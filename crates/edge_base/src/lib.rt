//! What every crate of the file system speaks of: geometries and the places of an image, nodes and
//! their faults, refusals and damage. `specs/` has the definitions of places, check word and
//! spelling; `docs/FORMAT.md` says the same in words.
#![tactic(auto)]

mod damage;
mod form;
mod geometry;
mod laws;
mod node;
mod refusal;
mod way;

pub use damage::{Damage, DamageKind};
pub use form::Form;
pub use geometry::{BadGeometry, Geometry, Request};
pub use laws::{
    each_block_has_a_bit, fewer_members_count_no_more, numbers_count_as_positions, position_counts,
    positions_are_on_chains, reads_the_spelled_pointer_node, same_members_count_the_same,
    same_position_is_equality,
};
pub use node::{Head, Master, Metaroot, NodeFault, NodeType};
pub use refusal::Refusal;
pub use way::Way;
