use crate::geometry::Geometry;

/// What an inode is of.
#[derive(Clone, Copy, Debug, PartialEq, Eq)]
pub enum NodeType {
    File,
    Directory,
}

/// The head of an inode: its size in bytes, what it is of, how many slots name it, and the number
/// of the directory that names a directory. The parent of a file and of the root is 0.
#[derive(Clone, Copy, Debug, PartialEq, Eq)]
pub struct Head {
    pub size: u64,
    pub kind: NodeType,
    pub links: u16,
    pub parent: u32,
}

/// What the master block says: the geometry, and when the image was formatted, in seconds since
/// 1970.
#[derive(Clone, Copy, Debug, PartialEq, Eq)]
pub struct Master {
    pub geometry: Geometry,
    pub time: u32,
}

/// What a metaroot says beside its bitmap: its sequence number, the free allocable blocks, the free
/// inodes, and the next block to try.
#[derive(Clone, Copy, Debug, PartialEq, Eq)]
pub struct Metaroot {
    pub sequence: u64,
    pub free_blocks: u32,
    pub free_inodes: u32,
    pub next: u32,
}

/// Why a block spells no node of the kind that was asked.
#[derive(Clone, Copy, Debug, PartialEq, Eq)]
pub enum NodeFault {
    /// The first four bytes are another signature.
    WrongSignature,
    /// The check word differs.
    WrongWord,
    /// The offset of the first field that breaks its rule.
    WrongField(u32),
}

━━━━━━━━

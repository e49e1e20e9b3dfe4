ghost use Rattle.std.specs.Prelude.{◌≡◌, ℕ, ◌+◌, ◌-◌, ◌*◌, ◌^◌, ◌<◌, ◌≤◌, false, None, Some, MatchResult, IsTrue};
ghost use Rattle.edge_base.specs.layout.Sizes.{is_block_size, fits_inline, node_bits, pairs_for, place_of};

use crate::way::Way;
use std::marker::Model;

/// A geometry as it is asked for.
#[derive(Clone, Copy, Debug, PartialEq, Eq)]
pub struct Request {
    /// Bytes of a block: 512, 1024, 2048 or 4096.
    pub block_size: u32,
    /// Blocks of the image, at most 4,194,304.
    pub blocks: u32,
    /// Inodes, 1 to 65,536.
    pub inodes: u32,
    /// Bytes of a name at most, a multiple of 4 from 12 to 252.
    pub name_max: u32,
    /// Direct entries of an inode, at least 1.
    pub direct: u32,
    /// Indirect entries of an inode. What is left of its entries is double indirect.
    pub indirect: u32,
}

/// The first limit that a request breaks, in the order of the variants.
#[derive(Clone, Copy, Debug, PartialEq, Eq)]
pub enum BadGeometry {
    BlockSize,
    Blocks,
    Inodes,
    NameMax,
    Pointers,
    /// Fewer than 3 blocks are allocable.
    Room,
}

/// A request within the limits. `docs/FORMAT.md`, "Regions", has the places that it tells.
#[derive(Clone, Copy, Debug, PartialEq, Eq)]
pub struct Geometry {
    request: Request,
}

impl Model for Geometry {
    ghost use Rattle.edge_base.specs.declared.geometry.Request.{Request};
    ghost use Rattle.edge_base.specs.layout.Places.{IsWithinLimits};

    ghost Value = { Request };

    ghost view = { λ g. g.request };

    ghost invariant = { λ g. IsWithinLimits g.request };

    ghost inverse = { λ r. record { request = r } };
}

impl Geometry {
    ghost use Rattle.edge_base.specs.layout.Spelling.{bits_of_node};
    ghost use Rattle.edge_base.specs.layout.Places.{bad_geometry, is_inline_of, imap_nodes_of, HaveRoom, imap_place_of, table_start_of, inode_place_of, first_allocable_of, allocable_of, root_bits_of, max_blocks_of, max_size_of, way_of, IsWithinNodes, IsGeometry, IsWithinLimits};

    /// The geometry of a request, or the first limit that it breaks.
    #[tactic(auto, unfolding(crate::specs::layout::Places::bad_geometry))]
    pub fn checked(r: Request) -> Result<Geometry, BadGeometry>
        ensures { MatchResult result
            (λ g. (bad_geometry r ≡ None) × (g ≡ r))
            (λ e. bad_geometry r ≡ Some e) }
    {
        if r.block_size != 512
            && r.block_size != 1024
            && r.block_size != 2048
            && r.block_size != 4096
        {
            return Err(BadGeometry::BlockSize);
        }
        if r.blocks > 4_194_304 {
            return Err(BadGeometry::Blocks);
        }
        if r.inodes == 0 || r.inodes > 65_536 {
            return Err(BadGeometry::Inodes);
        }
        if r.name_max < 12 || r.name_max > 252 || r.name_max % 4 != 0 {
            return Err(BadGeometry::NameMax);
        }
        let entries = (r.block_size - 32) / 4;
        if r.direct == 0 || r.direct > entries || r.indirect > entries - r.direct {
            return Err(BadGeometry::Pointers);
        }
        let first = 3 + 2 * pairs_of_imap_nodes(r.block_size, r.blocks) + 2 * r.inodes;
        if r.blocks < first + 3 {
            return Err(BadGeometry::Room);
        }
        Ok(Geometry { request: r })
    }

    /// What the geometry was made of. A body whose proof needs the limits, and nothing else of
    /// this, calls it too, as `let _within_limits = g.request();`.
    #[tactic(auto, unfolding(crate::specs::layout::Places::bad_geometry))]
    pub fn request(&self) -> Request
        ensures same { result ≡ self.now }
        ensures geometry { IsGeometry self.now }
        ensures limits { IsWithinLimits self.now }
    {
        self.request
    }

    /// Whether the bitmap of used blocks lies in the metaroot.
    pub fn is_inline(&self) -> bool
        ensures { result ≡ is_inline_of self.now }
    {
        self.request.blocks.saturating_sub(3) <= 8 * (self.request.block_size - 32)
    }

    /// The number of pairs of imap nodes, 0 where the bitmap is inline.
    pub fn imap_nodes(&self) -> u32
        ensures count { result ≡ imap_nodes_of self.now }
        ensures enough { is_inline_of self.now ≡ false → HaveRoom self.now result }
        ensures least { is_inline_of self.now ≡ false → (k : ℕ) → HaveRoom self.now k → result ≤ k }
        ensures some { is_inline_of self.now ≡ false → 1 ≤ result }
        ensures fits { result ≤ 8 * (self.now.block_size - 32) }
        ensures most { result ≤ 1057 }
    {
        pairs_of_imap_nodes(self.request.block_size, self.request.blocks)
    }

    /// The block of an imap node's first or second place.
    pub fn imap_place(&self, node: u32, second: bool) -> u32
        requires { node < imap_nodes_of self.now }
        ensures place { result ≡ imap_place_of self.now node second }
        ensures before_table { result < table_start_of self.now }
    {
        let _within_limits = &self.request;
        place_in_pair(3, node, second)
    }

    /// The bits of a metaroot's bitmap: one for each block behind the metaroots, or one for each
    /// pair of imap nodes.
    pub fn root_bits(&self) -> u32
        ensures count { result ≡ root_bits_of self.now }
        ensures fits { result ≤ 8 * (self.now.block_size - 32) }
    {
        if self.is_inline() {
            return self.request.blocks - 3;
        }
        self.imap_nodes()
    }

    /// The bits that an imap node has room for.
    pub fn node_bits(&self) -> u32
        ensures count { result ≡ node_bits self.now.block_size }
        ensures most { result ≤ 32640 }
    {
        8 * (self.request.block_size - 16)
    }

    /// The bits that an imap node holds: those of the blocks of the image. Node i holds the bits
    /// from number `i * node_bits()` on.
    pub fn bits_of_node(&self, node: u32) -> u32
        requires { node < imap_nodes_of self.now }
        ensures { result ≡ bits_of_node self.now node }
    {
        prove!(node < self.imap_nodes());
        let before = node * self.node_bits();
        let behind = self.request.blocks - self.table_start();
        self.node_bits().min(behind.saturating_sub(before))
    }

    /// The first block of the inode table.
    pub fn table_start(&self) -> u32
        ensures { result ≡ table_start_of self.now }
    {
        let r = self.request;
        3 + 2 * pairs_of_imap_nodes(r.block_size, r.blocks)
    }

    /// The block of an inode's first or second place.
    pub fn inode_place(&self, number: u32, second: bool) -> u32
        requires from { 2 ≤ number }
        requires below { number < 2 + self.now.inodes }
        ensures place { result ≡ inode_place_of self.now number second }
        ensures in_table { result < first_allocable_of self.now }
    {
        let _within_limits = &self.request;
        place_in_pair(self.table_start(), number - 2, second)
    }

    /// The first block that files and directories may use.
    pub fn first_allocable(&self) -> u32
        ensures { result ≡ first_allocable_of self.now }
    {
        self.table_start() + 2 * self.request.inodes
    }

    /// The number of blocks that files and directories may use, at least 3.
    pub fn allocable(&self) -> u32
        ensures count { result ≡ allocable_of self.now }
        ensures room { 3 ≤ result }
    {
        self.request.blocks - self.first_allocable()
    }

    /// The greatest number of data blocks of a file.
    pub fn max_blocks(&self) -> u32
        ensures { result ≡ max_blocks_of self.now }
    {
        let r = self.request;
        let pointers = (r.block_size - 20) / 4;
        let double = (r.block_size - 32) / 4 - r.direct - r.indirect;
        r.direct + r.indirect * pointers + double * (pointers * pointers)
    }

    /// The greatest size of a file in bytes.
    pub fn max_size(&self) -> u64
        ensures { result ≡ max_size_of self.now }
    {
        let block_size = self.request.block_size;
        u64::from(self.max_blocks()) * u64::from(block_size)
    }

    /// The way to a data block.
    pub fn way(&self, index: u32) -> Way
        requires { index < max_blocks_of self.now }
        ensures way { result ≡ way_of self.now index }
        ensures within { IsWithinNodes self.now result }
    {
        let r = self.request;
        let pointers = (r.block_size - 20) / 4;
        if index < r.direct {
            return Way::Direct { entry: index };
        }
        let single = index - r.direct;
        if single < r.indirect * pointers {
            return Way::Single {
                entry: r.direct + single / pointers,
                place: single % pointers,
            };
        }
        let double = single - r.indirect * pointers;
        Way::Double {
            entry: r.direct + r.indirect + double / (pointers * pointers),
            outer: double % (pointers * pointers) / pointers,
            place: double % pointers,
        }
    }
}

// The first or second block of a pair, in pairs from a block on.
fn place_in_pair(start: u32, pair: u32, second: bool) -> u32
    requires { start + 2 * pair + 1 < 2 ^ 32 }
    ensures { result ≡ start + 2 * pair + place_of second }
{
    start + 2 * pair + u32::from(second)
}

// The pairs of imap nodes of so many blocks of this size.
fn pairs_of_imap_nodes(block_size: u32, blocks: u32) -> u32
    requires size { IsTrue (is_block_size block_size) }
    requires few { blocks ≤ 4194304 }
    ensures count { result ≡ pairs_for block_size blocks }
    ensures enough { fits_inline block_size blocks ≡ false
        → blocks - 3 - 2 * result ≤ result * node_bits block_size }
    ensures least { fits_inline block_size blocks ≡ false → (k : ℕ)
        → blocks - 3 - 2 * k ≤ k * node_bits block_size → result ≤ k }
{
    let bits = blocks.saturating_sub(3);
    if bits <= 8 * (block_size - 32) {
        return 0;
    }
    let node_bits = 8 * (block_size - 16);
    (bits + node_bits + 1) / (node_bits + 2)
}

━━━━━━━━

__DIRECTIONS__:
Show every line in the entries above that contains the string "layout".

__ANSWER TO THIS TASK__:
ghost use Rattle.edge_base.specs.layout.Sizes.{is_block_size, fits_inline, node_bits, pairs_for, place_of};
    ghost use Rattle.edge_base.specs.layout.Places.{IsWithinLimits};
    ghost use Rattle.edge_base.specs.layout.Spelling.{bits_of_node};
    ghost use Rattle.edge_base.specs.layout.Places.{bad_geometry, is_inline_of, imap_nodes_of, HaveRoom, imap_place_of, table_start_of, inode_place_of, first_allocable_of, allocable_of, root_bits_of, max_blocks_of, max_size_of, way_of, IsWithinNodes, IsGeometry, IsWithinLimits};
    #[tactic(auto, unfolding(crate::specs::layout::Places::bad_geometry))]
    #[tactic(auto, unfolding(crate::specs::layout::Places::bad_geometry))]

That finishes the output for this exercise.